> _Directions_: Within the records below, find each line that holds the string "ShortEvent", then copy it.

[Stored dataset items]
════════

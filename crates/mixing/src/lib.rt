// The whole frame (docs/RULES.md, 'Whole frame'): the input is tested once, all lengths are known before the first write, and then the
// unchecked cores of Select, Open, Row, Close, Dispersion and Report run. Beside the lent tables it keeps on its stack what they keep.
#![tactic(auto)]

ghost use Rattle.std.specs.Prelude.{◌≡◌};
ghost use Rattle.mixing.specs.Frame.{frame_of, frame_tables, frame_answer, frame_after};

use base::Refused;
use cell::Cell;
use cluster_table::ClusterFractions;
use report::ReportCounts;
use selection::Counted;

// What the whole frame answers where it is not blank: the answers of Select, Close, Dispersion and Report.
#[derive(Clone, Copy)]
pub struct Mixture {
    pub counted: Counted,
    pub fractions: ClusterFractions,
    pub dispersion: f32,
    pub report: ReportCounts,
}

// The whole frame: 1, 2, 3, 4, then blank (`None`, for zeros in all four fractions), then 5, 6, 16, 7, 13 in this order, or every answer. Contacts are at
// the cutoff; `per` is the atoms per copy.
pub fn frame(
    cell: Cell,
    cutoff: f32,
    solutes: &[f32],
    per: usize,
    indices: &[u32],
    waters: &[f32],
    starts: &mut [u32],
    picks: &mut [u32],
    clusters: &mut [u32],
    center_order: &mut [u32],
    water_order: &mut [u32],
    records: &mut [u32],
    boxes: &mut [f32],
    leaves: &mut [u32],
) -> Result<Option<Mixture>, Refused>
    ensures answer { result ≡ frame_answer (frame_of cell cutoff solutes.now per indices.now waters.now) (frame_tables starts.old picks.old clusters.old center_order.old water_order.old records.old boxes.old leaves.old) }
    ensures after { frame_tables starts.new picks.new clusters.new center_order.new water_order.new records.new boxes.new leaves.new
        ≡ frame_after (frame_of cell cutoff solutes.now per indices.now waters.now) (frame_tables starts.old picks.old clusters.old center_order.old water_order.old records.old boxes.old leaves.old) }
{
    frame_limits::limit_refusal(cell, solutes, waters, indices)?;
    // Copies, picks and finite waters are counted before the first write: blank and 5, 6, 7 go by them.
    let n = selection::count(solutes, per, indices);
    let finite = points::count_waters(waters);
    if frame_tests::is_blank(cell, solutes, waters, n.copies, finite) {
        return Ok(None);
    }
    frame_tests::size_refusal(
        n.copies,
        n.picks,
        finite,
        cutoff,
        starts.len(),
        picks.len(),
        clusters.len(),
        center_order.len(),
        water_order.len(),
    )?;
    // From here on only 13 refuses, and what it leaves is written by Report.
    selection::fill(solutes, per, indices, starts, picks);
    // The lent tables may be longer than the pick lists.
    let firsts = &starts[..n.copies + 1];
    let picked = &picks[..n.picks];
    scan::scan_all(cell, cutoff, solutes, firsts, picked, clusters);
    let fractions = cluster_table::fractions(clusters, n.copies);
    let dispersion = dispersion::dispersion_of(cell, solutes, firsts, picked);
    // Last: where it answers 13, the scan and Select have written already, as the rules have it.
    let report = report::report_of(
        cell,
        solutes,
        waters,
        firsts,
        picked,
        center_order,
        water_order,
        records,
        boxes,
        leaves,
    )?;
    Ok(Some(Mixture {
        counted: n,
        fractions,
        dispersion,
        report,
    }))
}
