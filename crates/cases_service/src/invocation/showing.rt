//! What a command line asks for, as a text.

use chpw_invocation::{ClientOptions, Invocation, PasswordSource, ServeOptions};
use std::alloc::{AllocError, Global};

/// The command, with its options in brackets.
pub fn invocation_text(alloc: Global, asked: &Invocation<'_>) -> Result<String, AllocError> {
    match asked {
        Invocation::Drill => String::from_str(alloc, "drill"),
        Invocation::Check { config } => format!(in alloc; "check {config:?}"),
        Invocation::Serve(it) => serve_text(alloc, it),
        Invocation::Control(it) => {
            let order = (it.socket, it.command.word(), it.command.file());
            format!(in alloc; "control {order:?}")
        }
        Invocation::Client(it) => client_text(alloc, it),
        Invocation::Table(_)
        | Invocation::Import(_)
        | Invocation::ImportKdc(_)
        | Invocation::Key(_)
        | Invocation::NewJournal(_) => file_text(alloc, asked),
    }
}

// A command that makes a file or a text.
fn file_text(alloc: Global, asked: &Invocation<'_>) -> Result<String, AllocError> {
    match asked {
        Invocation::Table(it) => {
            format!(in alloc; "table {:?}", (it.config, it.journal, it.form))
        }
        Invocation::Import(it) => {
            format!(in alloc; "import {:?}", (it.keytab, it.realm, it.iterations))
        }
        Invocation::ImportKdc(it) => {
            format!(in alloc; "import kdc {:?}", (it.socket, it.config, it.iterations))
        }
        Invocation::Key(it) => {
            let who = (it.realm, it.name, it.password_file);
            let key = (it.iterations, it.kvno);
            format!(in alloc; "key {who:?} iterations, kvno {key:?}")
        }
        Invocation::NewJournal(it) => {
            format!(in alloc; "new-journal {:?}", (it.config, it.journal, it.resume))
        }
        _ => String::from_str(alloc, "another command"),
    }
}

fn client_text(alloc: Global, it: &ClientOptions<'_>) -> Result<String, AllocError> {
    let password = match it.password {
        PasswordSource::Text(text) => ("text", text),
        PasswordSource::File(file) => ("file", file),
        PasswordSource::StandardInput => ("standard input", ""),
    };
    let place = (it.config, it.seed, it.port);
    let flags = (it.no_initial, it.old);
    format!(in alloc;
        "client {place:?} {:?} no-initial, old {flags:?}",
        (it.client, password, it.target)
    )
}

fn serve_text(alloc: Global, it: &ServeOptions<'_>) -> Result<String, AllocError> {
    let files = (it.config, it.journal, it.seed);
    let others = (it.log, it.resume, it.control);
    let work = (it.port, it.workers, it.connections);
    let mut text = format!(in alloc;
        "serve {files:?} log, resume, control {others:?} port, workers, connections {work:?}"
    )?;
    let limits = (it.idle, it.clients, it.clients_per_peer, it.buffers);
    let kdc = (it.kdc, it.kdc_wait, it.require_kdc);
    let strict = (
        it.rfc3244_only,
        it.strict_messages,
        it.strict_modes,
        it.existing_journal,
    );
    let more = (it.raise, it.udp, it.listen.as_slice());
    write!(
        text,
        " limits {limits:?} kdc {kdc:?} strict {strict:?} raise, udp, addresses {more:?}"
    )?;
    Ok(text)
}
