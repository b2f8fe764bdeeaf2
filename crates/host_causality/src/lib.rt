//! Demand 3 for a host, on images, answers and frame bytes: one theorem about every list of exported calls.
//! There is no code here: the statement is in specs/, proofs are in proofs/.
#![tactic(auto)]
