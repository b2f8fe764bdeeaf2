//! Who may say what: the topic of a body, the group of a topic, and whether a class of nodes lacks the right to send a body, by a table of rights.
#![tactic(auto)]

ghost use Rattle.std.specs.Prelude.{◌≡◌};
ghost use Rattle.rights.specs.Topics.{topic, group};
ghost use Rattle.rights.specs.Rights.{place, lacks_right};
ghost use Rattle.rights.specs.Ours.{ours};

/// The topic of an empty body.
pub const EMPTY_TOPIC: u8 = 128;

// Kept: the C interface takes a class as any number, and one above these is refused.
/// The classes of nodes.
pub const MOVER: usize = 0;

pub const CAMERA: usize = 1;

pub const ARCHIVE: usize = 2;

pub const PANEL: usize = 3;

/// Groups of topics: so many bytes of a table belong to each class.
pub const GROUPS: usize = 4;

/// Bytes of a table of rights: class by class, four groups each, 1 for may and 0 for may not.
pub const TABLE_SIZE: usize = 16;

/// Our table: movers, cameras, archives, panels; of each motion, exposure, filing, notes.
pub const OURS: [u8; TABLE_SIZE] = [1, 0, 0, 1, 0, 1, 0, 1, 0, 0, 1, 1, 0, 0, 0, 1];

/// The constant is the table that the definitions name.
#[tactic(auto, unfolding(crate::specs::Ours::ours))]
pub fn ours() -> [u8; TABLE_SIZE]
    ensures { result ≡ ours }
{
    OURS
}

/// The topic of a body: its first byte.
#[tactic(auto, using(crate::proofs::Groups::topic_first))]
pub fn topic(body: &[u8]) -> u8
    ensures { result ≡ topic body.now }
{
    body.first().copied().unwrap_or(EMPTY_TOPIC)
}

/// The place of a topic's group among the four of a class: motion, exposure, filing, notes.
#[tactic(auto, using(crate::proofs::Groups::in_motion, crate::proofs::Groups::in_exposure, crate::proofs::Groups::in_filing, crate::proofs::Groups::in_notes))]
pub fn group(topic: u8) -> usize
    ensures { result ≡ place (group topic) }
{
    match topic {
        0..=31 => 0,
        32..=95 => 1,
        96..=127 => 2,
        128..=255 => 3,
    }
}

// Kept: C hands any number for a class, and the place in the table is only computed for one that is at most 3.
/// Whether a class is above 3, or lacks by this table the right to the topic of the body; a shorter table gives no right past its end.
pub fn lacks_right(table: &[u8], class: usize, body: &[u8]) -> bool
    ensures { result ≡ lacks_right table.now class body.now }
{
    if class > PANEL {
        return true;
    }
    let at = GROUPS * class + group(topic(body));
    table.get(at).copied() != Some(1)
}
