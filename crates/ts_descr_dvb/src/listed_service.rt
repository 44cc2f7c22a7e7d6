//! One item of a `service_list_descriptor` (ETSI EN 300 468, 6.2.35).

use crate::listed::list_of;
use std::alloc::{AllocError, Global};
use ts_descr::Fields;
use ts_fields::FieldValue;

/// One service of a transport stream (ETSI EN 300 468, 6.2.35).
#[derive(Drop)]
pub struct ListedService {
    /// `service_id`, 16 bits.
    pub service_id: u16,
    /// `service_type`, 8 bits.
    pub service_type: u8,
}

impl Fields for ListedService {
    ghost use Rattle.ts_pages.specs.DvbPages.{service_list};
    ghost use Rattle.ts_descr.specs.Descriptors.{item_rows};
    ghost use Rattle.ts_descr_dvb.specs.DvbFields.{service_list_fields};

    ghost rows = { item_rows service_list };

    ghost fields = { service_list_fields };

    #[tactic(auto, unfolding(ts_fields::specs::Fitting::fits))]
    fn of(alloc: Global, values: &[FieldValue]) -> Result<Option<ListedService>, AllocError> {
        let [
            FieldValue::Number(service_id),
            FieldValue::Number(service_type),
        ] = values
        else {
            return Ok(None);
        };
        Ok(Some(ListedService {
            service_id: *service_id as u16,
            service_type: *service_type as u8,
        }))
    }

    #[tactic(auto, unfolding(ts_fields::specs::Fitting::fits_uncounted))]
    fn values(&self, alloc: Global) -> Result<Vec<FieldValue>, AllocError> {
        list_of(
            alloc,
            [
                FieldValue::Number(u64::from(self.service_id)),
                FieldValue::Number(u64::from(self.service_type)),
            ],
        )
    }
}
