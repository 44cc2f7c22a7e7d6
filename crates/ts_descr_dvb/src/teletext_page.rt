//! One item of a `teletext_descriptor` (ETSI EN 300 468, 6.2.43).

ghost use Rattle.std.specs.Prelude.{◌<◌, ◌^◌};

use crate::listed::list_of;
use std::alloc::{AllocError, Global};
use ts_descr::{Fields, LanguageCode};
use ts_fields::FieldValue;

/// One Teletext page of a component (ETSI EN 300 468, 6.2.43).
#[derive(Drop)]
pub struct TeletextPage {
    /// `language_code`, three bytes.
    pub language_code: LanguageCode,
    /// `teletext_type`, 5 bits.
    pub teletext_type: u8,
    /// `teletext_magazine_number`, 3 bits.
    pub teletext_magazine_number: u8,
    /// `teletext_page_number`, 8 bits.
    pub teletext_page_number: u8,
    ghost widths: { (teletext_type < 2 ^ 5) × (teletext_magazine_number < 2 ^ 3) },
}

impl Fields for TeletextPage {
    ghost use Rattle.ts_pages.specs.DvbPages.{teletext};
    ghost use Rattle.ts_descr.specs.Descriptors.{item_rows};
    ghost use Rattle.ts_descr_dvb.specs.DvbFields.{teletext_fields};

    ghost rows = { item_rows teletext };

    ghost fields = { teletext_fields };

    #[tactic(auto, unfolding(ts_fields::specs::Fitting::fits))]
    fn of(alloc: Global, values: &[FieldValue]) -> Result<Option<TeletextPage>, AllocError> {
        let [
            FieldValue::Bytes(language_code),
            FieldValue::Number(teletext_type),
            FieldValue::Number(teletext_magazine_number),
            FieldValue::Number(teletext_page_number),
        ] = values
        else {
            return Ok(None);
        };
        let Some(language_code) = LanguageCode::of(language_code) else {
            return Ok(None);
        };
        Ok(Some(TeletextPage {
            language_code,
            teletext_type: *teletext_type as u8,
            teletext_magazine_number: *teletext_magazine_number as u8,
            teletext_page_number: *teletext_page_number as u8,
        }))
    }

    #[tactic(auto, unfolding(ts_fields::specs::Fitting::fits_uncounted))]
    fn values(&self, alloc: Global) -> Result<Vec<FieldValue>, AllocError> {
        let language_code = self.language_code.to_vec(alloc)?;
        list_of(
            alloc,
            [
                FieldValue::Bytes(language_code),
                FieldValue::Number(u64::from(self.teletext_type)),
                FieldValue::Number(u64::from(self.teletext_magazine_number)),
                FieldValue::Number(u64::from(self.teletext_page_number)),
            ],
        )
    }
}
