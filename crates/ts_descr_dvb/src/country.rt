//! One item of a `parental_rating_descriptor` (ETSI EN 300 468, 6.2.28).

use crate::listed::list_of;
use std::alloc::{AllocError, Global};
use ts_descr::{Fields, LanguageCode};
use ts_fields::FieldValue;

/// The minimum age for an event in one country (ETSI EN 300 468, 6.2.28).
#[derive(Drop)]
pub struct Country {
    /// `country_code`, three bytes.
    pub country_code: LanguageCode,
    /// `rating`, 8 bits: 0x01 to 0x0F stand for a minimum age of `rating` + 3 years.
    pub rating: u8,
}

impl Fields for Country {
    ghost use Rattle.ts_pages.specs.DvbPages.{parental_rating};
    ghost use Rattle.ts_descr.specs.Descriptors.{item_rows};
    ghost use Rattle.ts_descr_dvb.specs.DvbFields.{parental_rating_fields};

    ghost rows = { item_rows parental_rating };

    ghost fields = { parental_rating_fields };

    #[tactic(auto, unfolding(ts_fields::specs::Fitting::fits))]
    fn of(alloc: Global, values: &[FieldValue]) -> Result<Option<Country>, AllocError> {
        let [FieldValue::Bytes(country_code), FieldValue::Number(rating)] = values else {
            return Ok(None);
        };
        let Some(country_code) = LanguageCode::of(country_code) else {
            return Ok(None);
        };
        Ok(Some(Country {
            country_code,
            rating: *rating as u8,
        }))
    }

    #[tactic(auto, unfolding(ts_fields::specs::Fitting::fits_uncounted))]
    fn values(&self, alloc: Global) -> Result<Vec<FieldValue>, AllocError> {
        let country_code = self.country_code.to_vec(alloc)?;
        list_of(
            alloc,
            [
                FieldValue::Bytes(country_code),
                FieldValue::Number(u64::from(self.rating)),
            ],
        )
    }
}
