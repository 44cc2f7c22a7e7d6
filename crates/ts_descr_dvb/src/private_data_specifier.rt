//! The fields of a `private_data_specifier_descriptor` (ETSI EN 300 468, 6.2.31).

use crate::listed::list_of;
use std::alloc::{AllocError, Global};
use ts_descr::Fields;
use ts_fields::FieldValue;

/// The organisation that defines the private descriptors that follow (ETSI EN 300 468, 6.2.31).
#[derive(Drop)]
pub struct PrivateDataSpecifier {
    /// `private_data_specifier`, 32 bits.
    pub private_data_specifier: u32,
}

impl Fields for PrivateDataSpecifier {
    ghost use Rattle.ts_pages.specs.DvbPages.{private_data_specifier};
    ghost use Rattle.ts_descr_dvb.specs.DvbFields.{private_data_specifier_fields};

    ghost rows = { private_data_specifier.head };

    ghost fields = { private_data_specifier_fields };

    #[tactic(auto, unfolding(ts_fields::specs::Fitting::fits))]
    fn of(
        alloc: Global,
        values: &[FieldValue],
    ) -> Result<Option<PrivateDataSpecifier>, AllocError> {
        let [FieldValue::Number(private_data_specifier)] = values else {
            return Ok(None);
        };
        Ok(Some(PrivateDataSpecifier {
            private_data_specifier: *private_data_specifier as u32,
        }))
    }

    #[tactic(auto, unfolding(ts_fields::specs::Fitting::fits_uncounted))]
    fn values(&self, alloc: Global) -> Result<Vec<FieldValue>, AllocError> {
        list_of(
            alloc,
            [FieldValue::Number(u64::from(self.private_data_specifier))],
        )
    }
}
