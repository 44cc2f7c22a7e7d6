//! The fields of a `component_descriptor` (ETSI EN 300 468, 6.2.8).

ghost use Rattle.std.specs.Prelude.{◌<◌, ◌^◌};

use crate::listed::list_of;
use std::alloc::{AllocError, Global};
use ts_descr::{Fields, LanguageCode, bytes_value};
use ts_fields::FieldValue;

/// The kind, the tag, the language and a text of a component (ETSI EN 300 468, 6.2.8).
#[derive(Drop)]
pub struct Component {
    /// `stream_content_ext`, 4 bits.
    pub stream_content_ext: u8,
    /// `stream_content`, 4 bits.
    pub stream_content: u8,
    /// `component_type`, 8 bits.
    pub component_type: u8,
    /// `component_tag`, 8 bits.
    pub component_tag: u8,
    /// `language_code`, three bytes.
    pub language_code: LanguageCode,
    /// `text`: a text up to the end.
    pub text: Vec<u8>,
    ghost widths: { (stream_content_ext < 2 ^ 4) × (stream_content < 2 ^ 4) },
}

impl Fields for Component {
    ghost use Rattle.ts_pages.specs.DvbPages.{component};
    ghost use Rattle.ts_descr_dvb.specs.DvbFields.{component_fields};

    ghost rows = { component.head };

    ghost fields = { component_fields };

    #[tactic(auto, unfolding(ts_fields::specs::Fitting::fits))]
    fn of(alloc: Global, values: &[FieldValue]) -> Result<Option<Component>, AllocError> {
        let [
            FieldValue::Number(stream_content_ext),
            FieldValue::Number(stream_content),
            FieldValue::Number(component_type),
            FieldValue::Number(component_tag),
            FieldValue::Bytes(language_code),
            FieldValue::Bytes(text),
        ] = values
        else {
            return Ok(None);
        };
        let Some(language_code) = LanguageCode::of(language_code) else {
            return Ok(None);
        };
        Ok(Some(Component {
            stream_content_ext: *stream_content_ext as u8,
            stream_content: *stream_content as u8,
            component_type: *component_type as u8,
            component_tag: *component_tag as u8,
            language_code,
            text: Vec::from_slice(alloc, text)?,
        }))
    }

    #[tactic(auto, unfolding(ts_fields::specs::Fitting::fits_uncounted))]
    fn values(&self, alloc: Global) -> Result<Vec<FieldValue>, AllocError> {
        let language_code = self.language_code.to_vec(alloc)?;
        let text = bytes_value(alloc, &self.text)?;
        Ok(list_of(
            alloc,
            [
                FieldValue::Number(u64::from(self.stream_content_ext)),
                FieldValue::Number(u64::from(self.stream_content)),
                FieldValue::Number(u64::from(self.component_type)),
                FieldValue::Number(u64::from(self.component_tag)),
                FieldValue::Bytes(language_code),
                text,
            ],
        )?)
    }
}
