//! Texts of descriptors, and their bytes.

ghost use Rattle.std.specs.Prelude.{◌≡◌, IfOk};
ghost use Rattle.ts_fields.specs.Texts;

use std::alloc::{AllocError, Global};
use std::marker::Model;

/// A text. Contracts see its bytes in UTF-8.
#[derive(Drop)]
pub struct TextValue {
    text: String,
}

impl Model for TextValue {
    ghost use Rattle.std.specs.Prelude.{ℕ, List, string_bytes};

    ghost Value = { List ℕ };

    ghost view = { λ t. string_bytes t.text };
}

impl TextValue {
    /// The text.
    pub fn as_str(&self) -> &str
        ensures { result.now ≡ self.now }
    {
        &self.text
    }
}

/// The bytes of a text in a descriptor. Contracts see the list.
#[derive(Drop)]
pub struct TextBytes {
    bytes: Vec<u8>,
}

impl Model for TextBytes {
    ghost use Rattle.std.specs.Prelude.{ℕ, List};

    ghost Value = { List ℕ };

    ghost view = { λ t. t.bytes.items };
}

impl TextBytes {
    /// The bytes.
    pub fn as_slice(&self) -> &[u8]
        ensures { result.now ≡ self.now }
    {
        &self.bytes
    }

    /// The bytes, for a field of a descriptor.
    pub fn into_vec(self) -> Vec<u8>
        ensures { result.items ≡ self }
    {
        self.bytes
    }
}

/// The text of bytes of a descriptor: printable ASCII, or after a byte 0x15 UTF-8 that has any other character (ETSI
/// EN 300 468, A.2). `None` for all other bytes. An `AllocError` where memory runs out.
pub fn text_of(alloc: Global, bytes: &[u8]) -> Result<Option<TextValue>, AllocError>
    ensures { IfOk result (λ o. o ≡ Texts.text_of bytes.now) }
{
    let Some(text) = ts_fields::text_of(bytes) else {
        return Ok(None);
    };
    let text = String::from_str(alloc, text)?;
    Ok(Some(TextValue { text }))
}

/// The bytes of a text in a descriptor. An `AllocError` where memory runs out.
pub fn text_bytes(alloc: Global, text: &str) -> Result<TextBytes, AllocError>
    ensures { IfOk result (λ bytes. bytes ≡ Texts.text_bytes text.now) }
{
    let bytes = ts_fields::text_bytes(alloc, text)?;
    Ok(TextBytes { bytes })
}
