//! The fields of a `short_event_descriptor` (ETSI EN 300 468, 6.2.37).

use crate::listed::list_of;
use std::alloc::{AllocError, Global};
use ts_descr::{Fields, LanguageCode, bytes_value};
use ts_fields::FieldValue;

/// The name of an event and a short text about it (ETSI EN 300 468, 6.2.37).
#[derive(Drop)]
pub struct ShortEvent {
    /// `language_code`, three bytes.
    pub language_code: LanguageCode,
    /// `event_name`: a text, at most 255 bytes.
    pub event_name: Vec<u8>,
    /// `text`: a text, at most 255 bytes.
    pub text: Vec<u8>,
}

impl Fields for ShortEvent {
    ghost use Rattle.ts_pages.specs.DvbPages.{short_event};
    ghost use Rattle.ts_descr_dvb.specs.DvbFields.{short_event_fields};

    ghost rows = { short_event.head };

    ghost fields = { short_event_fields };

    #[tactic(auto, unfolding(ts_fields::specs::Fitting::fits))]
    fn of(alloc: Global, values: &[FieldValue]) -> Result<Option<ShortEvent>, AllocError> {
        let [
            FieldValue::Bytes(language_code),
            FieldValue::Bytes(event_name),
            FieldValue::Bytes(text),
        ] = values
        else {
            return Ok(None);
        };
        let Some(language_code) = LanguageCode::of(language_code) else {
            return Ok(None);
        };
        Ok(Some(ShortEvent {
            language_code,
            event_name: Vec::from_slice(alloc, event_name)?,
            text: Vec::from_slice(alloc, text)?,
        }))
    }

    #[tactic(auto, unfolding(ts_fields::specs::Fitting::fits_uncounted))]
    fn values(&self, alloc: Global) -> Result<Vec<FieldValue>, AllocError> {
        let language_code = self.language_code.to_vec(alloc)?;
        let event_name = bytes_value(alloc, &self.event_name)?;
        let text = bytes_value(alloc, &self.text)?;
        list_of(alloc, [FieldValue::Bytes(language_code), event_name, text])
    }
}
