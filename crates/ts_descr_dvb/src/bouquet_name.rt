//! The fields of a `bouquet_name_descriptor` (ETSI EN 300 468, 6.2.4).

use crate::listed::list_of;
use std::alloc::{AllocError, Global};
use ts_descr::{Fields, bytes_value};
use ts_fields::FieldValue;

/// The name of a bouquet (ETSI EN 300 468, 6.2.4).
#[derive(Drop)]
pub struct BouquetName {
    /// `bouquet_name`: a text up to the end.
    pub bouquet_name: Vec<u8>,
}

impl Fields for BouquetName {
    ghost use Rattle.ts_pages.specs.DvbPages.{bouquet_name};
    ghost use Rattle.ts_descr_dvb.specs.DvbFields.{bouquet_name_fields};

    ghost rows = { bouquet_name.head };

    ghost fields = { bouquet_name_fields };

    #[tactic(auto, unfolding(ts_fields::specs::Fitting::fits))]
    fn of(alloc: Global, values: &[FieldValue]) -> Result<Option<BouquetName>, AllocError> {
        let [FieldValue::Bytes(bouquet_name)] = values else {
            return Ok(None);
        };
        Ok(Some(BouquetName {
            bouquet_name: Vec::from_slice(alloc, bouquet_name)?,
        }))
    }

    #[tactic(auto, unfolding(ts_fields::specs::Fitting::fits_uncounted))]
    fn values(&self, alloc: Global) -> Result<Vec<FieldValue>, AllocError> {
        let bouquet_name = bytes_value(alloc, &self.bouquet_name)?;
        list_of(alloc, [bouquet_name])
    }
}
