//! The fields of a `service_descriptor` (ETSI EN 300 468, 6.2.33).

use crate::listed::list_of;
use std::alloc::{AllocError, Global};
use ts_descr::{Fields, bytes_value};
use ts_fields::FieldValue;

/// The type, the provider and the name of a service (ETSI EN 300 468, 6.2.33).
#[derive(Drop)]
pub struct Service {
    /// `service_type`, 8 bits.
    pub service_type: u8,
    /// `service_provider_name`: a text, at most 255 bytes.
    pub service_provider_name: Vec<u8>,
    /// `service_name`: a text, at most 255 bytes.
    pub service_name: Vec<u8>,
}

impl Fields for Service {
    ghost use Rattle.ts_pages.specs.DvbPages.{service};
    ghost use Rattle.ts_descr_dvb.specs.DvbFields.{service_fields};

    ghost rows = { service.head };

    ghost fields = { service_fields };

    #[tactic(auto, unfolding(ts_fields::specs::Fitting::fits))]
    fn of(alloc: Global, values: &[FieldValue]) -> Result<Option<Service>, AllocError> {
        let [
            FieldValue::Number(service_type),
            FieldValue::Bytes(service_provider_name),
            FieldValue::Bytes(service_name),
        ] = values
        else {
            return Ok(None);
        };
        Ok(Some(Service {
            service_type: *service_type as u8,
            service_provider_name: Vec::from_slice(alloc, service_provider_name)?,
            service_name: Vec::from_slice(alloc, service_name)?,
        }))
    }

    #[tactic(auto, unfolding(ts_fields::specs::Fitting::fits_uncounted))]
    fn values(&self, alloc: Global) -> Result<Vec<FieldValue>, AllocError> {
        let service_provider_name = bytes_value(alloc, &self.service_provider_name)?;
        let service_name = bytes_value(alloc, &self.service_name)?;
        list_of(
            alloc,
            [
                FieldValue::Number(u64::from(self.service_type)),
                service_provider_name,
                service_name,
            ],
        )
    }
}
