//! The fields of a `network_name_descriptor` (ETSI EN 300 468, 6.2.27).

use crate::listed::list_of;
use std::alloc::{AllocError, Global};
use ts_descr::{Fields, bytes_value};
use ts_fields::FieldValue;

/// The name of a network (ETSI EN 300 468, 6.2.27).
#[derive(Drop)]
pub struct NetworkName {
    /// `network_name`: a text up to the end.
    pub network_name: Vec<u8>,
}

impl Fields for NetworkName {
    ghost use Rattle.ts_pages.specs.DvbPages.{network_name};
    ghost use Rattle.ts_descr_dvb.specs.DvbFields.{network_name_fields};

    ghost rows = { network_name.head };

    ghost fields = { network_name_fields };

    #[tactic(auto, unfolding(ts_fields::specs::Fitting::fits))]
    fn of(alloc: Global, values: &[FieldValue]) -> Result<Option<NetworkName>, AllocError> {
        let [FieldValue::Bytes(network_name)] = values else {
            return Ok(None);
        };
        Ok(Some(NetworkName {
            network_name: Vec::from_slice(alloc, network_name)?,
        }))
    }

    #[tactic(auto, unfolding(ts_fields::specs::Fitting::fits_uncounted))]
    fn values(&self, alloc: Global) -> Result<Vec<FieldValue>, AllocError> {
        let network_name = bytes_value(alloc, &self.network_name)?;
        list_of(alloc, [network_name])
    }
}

════════

> _Exercise response_:
pub struct ShortEvent {
impl Fields for ShortEvent {
    fn of(alloc: Global, values: &[FieldValue]) -> Result<Option<ShortEvent>, AllocError> {
        Ok(Some(ShortEvent {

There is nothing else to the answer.